WHAT IS REQUIRED
Down to the last line, reproduce the records exactly.
RECORDS Block Start
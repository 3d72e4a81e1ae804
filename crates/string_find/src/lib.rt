// The lowest string that has the UTF-16 units of a value, and the hash of a string's units. No string is
// decoded into a buffer: counts are compared first, then unit by unit.
#![tactic(auto)]

ghost use Rattle.std.specs.Prelude.{◌≡◌, ◌+◌, ◌*◌, ◌≤◌, ◌<◌, length};
ghost use Rattle.refusals.specs.Numbers as refusals;
ghost use Rattle.format.specs.Hash.{hash_of};
ghost use Rattle.footer.specs.Footer.{same};
ghost use Rattle.image.specs.Strings.{unit_size, units_of, string_of};
ghost use Rattle.utf.specs.Utf8.{utf16, list_of};
ghost use Rattle.sections.specs.Places.{Placed, Laid};
ghost use Rattle.string_walk.specs.Places.{Stands, Locates};
ghost use Rattle.string_find.specs.Find.{units_at, find_id};

use refusals::Refusal;
use sections::Places;
use string_walk::{Location, StringRecord};
use utf::Units;

// Whether the units from unit `j` on are these, of a string whose bytes start at `start`.
fn are_next(image: &[u8], start: usize, wide: bool, j: usize, units: Units) -> bool
    requires { start + (j + length (list_of units)) * unit_size wide ≤ length image.now }
    ensures { result ≡ same (units_at image.now start wide j (length (list_of units))) (list_of units) }
{
    match units {
        Units::None => true,
        Units::One(u) => string_walk::unit_at(image, start, wide, j) == u as u64,
        Units::Two(u, v) => {
            string_walk::unit_at(image, start, wide, j) == u as u64
                && string_walk::unit_at(image, start, wide, j + 1) == v as u64
        }
    }
}

// Whether the units of a string whose bytes start at `start` begin with those of the value.
fn are_units(image: &[u8], start: usize, wide: bool, value: &[u8]) -> bool
    requires { start + length (utf16 value.now) * unit_size wide ≤ length image.now }
    ensures { result ≡ same (units_at image.now start wide 0 (length (utf16 value.now)))
        (utf16 value.now) }
{
    let mut j = 0;
    let mut r = utf::further(0, 0);
    for byte in value {
        r = utf::next_byte(r, *byte);
        let units = utf::completed(r);
        if !are_next(image, start, wide, j, units) {
            return false;
        }
        j += utf::count_of(units);
    }
    true
}

// The hash of the `count` units of a string whose bytes start at `start`.
pub fn hash_units(image: &[u8], start: usize, wide: bool, count: usize) -> u32
    requires { start + count * unit_size wide ≤ length image.now }
    ensures { result ≡ hash_of (units_at image.now start wide 0 count) }
{
    let mut h: u32 = 0;
    for i in 0..count {
        h = utf::hash_step(h, string_walk::unit_at(image, start, wide, i) as u32);
    }
    h
}

// Whether string `i` has the units of the value, which are `count`.
pub fn has_units(
    image: &[u8],
    p: Places,
    i: usize,
    string: StringRecord,
    value: &[u8],
    count: usize,
) -> bool
    requires placed { Placed p image.now × Stands p image.now i string }
    requires count_value { count ≡ length (utf16 value.now) }
    ensures { result ≡ same (units_of (string_of p.layout image.now i)) (utf16 value.now) }
{
    string.place.count == count && are_units(image, string.start, string.place.wide, value)
}

// The lowest string that has the units of `old`; 14 where there is none: one pass.
pub fn find(image: &[u8], p: Places, old: &[u8]) -> Result<Location, Refusal>
    requires { Laid p image.now }
    ensures { Locates p image.now (find_id p.layout image.now (utf16 old.now)) refusals.absent
        result }
{
    let count = utf::count_units(old);
    let mut c = string_walk::first_string();
    for id in 0..p.strings {
        let step = string_walk::string_at(image, p, c);
        let string = step.string;
        if has_units(image, p, id, string, old, count) {
            return Ok(Location {
                id,
                string,
                counts: string_walk::counts_of(step.next),
            });
        }
        c = step.next;
    }
    Err(refusals::ABSENT)
}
RECORDS Block End
TASK SOLUTION
repository 3d72e4a81e1ae804
filename crates/string_find/src/lib.rt
// The lowest string that has the UTF-16 units of a value, and the hash of a string's units. No string is
// decoded into a buffer: counts are compared first, then unit by unit.
#![tactic(auto)]

ghost use Rattle.std.specs.Prelude.{◌≡◌, ◌+◌, ◌*◌, ◌≤◌, ◌<◌, length};
ghost use Rattle.refusals.specs.Numbers as refusals;
ghost use Rattle.format.specs.Hash.{hash_of};
ghost use Rattle.footer.specs.Footer.{same};
ghost use Rattle.image.specs.Strings.{unit_size, units_of, string_of};
ghost use Rattle.utf.specs.Utf8.{utf16, list_of};
ghost use Rattle.sections.specs.Places.{Placed, Laid};
ghost use Rattle.string_walk.specs.Places.{Stands, Locates};
ghost use Rattle.string_find.specs.Find.{units_at, find_id};

use refusals::Refusal;
use sections::Places;
use string_walk::{Location, StringRecord};
use utf::Units;

// Whether the units from unit `j` on are these, of a string whose bytes start at `start`.
fn are_next(image: &[u8], start: usize, wide: bool, j: usize, units: Units) -> bool
    requires { start + (j + length (list_of units)) * unit_size wide ≤ length image.now }
    ensures { result ≡ same (units_at image.now start wide j (length (list_of units))) (list_of units) }
{
    match units {
        Units::None => true,
        Units::One(u) => string_walk::unit_at(image, start, wide, j) == u as u64,
        Units::Two(u, v) => {
            string_walk::unit_at(image, start, wide, j) == u as u64
                && string_walk::unit_at(image, start, wide, j + 1) == v as u64
        }
    }
}

// Whether the units of a string whose bytes start at `start` begin with those of the value.
fn are_units(image: &[u8], start: usize, wide: bool, value: &[u8]) -> bool
    requires { start + length (utf16 value.now) * unit_size wide ≤ length image.now }
    ensures { result ≡ same (units_at image.now start wide 0 (length (utf16 value.now)))
        (utf16 value.now) }
{
    let mut j = 0;
    let mut r = utf::further(0, 0);
    for byte in value {
        r = utf::next_byte(r, *byte);
        let units = utf::completed(r);
        if !are_next(image, start, wide, j, units) {
            return false;
        }
        j += utf::count_of(units);
    }
    true
}

// The hash of the `count` units of a string whose bytes start at `start`.
pub fn hash_units(image: &[u8], start: usize, wide: bool, count: usize) -> u32
    requires { start + count * unit_size wide ≤ length image.now }
    ensures { result ≡ hash_of (units_at image.now start wide 0 count) }
{
    let mut h: u32 = 0;
    for i in 0..count {
        h = utf::hash_step(h, string_walk::unit_at(image, start, wide, i) as u32);
    }
    h
}

// Whether string `i` has the units of the value, which are `count`.
pub fn has_units(
    image: &[u8],
    p: Places,
    i: usize,
    string: StringRecord,
    value: &[u8],
    count: usize,
) -> bool
    requires placed { Placed p image.now × Stands p image.now i string }
    requires count_value { count ≡ length (utf16 value.now) }
    ensures { result ≡ same (units_of (string_of p.layout image.now i)) (utf16 value.now) }
{
    string.place.count == count && are_units(image, string.start, string.place.wide, value)
}

// The lowest string that has the units of `old`; 14 where there is none: one pass.
pub fn find(image: &[u8], p: Places, old: &[u8]) -> Result<Location, Refusal>
    requires { Laid p image.now }
    ensures { Locates p image.now (find_id p.layout image.now (utf16 old.now)) refusals.absent
        result }
{
    let count = utf::count_units(old);
    let mut c = string_walk::first_string();
    for id in 0..p.strings {
        let step = string_walk::string_at(image, p, c);
        let string = step.string;
        if has_units(image, p, id, string, old, count) {
            return Ok(Location {
                id,
                string,
                counts: string_walk::counts_of(step.next),
            });
        }
        c = step.next;
    }
    Err(refusals::ABSENT)
}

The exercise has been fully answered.